### ABOUT THIS EXERCISE
Retrieve each line that contains the word "makes" from the entries below.

[Stored data entries]
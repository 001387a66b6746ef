//! A message by phases, within limits.
ghost use Rattle.std.specs.Prelude.{◌≡◌, ◌<◌, ◌≤◌, ◌+◌, ◌^◌, [], Some, None, IsTrue, IsFalse, length};
ghost use Rattle.bh_spec.specs.Bounds.{IsWithin};
ghost use Rattle.bh_spec.specs.Pieces.{SomeOf, IsNext};
ghost use Rattle.bh_spec.specs.Spelling.{framing};
ghost use Rattle.bh_spec.specs.declared.Kind.TheVariants.{Request, Response};
ghost use Rattle.bh_push.specs.Courses.{IsOpen, IsAlive, IsCourse, Says, Walks, zeros_of, form_at, place_of, shown_head, head_of};
ghost use Rattle.bh_push.specs.Courses.{IsSilent, FollowsFraming, FollowsInterim, FollowsFinal};
ghost use Rattle.bh_push.specs.Decoders.{Rest};
ghost use Rattle.bh_push.specs.Hands.{kind_at};
ghost use Rattle.bh_push.specs.Ending.{end_at, kind_by_status};

use crate::body::{Body, BodyStep, Phase};
use crate::parts::{length_part, section_part};
use crate::slices::behind;
use bh_control::{ControlReader, ControlStep, numbers};
use bh_fields::{SectionReader, SectionStep};
use bh_model::{Form, Kind, Limits, Part, Place};
use bh_spec::Omitted;
use bh_varint::{Partial, Step};

/// How an input ends: what it leaves out, and the zeros of padding (RFC 9292, section 3.8).
#[derive(Clone, Copy, Debug, PartialEq, Eq)]
pub struct End {
    pub omitted: Omitted,
    pub padding: u64,
}

/// What is read next.
#[derive(Clone, Copy, Debug, PartialEq, Eq)]
pub enum Stage {
    /// The framing number.
    Framing,
    /// The control data of a request.
    Control {
        form: Form,
    },
    /// A status, behind so many interim responses.
    Status {
        form: Form,
        before: u64,
    },
    /// The section of an interim response of this status, behind so many others, of which no byte came.
    BeforeInterim {
        form: Form,
        before: u64,
        status: u16,
    },
    /// The rest of that section.
    Interim {
        form: Form,
        before: u64,
        status: u16,
    },
    /// The header section, of which no byte came.
    BeforeHeader {
        form: Form,
    },
    /// The rest of the header section.
    Header {
        form: Form,
    },
    /// Content, or what may stand in its place.
    Content,
    /// The trailer section.
    Trailers {
        form: Form,
    },
    /// Padding, of which so many zeros came.
    Padding {
        before: u64,
    },
}

/// What a piece makes of a message.
#[derive(Clone, Copy, Debug)]
pub enum Stepped<'p> {
    /// So many bytes were taken, and yield nothing.
    On { taken: usize },
    /// With so many bytes the section of an interim response is whole.
    Interim { taken: usize, status: u16 },
    /// With so many bytes the header section is.
    Head { taken: usize },
    /// So many bytes were taken, and these are the last of them.
    Content { taken: usize, bytes: &'p [u8] },
    /// With so many bytes the trailer section is whole.
    Trailers { taken: usize },
    /// No message has the byte at this place.
    Dead { offset: usize, part: Part },
    /// None within the limits has it.
    Limit { offset: usize, part: Part },
}

/// What a whole piece makes of a message, up to the first event.
#[derive(Clone, Copy, Debug)]
pub enum Walked<'p> {
    /// The whole piece was taken, and no event stands at its end.
    Need,
    /// With so many bytes the section of an interim response is whole.
    Interim { taken: usize, status: u16 },
    /// With so many bytes the header section is.
    Head { taken: usize },
    /// So many bytes were taken, and these are the last of them.
    Content { taken: usize, bytes: &'p [u8] },
    /// With so many bytes the trailer section is whole.
    Trailers { taken: usize },
    /// No message has the byte at this place.
    Dead { offset: usize, part: Part },
    /// None within the limits has it.
    Limit { offset: usize, part: Part },
}

/// A message that is read, with one reader for control data and one for sections.
#[derive(Drop)]
pub struct Course {
    pub limits: Limits,
    pub stage: Stage,
    pub number: Partial,
    /// The status of a response, from its last byte on.
    pub status: Option<u16>,
    pub control: ControlReader,
    pub section: SectionReader,
    pub body: Body,
}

### ANSWER BELOW
/// What a piece makes of a message.
/// What a whole piece makes of a message, up to the first event.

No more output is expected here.